*** Information given Section Begins ***

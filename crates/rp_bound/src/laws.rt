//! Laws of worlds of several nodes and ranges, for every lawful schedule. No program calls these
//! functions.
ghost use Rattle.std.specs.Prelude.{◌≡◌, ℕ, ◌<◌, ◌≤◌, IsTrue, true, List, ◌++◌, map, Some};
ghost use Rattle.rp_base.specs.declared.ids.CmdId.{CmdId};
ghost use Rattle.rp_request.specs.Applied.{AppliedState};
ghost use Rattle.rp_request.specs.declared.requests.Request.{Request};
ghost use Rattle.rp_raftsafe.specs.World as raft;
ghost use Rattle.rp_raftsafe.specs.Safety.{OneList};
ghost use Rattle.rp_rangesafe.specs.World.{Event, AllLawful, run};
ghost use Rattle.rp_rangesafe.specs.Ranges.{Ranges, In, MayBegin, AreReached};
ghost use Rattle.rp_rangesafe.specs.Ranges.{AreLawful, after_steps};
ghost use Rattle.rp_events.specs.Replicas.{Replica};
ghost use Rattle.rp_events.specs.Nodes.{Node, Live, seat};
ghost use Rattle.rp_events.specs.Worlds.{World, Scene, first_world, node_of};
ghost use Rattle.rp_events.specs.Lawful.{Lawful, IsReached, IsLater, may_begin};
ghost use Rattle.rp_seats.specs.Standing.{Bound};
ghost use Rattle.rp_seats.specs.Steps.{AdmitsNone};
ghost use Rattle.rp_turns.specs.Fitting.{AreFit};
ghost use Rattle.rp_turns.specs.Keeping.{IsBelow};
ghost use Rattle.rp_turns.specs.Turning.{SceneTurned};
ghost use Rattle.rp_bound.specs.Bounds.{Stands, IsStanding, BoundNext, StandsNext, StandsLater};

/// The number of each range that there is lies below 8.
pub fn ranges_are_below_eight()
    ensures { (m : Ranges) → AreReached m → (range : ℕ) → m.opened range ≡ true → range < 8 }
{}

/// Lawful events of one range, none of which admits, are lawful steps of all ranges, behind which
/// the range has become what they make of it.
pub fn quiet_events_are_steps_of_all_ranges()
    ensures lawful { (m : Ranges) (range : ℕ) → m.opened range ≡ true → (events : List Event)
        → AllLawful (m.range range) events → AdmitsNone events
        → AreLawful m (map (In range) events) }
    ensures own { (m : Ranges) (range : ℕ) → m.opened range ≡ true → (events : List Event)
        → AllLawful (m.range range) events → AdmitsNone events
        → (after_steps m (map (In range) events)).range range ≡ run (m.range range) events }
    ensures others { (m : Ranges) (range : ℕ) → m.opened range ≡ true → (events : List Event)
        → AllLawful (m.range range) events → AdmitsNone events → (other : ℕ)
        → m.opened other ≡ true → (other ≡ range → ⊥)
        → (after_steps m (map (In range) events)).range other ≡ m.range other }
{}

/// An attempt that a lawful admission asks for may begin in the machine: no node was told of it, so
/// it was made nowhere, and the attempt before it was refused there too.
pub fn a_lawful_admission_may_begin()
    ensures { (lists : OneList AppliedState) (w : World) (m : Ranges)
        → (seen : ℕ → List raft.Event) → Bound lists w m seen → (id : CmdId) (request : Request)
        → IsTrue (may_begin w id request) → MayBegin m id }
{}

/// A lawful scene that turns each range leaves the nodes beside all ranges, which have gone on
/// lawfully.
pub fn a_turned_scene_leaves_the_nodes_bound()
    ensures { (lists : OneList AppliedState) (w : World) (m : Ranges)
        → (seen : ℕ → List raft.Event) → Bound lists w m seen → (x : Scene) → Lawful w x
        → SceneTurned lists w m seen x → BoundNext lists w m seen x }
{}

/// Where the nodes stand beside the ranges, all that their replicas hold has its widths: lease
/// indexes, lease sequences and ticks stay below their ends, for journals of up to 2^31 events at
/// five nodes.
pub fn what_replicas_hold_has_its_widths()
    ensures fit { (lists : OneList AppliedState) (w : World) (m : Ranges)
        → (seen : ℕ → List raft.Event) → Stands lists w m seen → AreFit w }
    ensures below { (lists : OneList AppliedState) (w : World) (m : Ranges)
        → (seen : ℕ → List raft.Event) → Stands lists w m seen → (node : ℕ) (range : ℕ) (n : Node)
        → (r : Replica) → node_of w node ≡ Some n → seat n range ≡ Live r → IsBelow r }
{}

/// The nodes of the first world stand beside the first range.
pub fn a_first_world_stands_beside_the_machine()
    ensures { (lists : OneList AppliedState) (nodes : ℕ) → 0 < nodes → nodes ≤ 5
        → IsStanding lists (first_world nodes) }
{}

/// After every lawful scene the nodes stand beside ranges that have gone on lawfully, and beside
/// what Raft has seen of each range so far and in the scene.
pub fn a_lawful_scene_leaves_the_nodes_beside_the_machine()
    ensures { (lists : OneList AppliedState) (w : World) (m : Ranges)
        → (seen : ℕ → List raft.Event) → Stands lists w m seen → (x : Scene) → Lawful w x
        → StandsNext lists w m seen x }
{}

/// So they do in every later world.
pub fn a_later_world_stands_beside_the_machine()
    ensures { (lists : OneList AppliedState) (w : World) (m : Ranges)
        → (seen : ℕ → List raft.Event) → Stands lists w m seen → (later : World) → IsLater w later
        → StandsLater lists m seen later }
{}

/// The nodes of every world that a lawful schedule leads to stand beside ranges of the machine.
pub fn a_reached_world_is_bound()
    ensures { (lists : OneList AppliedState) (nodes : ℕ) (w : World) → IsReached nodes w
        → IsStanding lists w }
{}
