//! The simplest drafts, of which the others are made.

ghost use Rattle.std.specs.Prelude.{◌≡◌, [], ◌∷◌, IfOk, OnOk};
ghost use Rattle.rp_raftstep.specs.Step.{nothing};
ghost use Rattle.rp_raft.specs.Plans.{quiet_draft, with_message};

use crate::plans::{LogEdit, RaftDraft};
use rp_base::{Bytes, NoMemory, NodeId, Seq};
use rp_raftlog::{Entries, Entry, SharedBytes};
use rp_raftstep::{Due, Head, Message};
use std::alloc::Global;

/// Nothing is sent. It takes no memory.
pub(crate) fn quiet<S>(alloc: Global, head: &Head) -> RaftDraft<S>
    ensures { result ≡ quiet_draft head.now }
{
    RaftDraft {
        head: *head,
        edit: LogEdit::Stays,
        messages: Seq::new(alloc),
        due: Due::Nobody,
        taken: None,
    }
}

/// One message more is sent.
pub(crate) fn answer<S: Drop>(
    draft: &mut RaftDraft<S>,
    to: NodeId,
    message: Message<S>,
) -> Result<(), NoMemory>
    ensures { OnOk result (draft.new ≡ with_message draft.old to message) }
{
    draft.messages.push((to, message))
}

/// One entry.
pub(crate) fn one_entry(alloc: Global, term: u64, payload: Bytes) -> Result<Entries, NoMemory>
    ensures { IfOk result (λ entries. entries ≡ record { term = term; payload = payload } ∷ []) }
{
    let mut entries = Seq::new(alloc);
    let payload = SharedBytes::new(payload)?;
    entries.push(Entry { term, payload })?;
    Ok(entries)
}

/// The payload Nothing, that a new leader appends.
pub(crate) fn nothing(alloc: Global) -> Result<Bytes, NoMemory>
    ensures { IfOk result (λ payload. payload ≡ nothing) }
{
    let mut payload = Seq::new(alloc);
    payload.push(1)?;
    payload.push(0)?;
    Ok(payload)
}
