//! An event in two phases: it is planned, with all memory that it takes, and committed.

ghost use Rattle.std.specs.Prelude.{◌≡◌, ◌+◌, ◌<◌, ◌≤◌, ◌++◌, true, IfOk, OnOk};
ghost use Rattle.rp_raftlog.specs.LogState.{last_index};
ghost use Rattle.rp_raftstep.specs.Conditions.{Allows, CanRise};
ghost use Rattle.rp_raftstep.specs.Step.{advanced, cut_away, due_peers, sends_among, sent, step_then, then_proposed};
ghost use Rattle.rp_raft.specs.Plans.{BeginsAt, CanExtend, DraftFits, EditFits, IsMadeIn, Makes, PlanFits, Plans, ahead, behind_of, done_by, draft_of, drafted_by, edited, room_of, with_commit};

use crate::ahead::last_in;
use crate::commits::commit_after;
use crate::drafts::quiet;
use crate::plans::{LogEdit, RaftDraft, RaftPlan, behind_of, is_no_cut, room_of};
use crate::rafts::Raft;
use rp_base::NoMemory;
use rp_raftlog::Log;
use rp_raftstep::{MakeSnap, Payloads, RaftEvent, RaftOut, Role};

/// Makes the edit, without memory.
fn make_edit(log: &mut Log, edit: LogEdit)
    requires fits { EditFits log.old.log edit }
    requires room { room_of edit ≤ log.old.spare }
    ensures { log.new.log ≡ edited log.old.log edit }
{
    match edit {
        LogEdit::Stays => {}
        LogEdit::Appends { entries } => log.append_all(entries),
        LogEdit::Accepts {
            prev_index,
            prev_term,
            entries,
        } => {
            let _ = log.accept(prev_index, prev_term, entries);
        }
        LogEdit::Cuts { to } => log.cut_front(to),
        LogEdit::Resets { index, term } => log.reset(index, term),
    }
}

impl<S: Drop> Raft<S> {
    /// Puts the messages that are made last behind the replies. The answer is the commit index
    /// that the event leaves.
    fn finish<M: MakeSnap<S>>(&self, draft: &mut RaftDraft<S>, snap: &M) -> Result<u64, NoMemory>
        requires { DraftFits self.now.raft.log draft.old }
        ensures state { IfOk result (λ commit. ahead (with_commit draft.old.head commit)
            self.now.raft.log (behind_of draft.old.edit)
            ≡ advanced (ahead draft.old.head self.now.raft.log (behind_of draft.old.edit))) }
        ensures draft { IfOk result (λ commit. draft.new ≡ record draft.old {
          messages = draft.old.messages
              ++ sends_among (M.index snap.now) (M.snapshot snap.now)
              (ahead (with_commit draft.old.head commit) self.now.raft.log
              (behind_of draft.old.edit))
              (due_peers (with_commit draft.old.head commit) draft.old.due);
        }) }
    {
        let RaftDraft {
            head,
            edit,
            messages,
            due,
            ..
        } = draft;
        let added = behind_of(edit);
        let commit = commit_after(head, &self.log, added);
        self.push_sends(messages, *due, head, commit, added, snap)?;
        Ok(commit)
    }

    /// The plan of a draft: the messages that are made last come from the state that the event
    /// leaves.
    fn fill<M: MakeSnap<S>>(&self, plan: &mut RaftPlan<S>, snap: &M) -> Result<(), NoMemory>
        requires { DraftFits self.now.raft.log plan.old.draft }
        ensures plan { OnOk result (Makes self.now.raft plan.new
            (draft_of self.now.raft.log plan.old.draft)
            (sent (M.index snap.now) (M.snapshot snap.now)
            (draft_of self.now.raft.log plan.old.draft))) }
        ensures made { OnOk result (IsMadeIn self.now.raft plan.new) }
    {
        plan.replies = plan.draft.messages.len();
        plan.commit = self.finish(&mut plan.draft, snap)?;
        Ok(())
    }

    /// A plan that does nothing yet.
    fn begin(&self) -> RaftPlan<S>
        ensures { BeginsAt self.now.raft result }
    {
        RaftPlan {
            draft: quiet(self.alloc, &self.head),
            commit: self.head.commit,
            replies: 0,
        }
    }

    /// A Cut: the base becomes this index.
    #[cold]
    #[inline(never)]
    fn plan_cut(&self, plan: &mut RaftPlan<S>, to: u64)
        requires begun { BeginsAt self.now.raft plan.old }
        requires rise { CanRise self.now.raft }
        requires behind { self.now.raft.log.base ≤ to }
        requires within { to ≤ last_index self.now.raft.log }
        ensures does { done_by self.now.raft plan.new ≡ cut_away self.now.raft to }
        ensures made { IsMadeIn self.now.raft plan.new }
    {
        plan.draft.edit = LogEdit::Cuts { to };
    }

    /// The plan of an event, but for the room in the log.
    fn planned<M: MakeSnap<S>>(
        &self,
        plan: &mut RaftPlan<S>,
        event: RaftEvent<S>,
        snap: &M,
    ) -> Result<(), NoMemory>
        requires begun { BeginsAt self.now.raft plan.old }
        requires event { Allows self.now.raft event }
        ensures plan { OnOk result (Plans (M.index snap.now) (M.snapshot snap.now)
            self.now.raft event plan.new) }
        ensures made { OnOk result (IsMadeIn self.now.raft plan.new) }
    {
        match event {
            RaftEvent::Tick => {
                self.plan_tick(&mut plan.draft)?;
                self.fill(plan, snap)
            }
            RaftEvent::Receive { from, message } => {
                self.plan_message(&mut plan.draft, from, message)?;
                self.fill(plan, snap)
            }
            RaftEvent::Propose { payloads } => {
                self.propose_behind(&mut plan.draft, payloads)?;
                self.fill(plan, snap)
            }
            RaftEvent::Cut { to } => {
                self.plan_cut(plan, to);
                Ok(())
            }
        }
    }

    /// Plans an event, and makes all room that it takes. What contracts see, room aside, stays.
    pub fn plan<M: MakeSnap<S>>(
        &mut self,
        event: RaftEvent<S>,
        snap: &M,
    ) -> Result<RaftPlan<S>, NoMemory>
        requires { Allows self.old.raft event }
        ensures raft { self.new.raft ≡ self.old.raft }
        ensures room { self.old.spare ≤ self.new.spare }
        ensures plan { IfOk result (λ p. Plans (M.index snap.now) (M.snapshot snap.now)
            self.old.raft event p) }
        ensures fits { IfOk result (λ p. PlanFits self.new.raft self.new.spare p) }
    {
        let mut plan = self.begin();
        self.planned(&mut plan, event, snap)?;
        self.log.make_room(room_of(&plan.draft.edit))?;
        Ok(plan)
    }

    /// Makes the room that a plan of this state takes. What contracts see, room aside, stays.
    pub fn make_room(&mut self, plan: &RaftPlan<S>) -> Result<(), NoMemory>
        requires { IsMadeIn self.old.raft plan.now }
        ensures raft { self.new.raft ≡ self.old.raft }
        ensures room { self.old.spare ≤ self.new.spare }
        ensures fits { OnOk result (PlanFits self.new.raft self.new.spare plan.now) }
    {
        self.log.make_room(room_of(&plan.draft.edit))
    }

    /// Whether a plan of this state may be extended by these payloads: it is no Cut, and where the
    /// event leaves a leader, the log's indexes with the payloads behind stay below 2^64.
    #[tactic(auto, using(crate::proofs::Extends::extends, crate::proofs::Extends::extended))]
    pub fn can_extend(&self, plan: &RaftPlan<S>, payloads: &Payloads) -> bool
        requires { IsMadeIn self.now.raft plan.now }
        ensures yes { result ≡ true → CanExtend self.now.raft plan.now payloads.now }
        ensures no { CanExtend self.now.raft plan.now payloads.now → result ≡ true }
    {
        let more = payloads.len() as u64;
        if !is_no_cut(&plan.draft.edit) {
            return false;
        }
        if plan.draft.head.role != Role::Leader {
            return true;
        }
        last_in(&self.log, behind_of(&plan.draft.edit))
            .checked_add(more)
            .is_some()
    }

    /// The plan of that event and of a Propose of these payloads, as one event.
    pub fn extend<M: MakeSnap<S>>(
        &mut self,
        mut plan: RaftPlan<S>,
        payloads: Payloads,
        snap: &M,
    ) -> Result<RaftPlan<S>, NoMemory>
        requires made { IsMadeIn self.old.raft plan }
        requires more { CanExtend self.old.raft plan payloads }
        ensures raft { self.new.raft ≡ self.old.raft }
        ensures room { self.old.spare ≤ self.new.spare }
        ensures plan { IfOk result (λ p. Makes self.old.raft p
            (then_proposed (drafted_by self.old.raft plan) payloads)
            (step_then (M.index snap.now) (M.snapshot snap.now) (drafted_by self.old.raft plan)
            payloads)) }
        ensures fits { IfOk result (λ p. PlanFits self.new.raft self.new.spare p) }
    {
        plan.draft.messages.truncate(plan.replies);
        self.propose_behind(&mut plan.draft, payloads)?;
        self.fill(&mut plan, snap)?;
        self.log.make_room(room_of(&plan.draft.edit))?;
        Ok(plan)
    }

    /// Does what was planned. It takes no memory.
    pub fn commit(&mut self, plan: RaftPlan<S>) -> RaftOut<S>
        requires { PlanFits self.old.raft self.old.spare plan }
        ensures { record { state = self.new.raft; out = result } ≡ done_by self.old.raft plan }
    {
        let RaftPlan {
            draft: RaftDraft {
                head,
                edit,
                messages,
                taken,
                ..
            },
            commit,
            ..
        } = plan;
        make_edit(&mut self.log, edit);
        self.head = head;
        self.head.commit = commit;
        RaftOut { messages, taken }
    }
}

*** Information given Section Ends ***
*** Information given Section Begins ***

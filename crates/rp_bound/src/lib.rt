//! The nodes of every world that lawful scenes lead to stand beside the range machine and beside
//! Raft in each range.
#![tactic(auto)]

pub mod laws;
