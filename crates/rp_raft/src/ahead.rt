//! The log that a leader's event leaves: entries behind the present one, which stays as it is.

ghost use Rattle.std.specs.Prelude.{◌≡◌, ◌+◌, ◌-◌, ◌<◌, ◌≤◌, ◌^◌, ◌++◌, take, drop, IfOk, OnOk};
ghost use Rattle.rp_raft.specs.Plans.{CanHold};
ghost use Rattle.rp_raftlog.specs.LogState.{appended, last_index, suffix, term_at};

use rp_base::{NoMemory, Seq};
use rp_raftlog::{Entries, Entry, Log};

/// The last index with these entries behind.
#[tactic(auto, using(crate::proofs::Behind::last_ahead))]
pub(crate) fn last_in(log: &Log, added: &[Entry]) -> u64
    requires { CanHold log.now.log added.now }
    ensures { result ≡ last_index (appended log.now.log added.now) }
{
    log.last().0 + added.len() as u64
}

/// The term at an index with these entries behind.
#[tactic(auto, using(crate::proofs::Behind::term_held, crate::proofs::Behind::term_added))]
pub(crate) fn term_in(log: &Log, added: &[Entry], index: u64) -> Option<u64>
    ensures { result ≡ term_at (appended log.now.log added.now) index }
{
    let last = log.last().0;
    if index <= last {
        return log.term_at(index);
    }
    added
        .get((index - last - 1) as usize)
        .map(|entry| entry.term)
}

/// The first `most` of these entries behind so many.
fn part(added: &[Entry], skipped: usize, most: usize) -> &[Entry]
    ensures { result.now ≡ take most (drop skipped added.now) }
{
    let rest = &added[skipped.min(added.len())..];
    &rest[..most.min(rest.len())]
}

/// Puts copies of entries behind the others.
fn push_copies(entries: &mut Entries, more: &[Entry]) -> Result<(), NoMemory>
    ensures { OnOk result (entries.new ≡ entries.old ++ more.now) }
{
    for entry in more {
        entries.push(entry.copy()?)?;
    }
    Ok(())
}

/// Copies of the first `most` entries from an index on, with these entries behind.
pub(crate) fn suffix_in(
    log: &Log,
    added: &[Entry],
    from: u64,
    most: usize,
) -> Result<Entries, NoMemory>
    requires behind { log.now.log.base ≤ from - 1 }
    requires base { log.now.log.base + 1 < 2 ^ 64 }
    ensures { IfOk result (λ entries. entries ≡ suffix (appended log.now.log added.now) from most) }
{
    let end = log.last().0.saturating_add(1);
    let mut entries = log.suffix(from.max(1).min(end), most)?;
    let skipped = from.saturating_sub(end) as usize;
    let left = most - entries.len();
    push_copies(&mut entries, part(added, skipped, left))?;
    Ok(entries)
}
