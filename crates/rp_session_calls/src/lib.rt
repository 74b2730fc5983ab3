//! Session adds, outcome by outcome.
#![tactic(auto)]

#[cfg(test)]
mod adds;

*** Information given Section Ends ***

[Your instructions]
Copy out all lines from the material above that contain the string "Global".

[Exercise result]
use std::alloc::Global;
pub(crate) fn quiet<S>(alloc: Global, head: &Head) -> RaftDraft<S>
pub(crate) fn one_entry(alloc: Global, term: u64, payload: Bytes) -> Result<Entries, NoMemory>
pub(crate) fn nothing(alloc: Global) -> Result<Bytes, NoMemory>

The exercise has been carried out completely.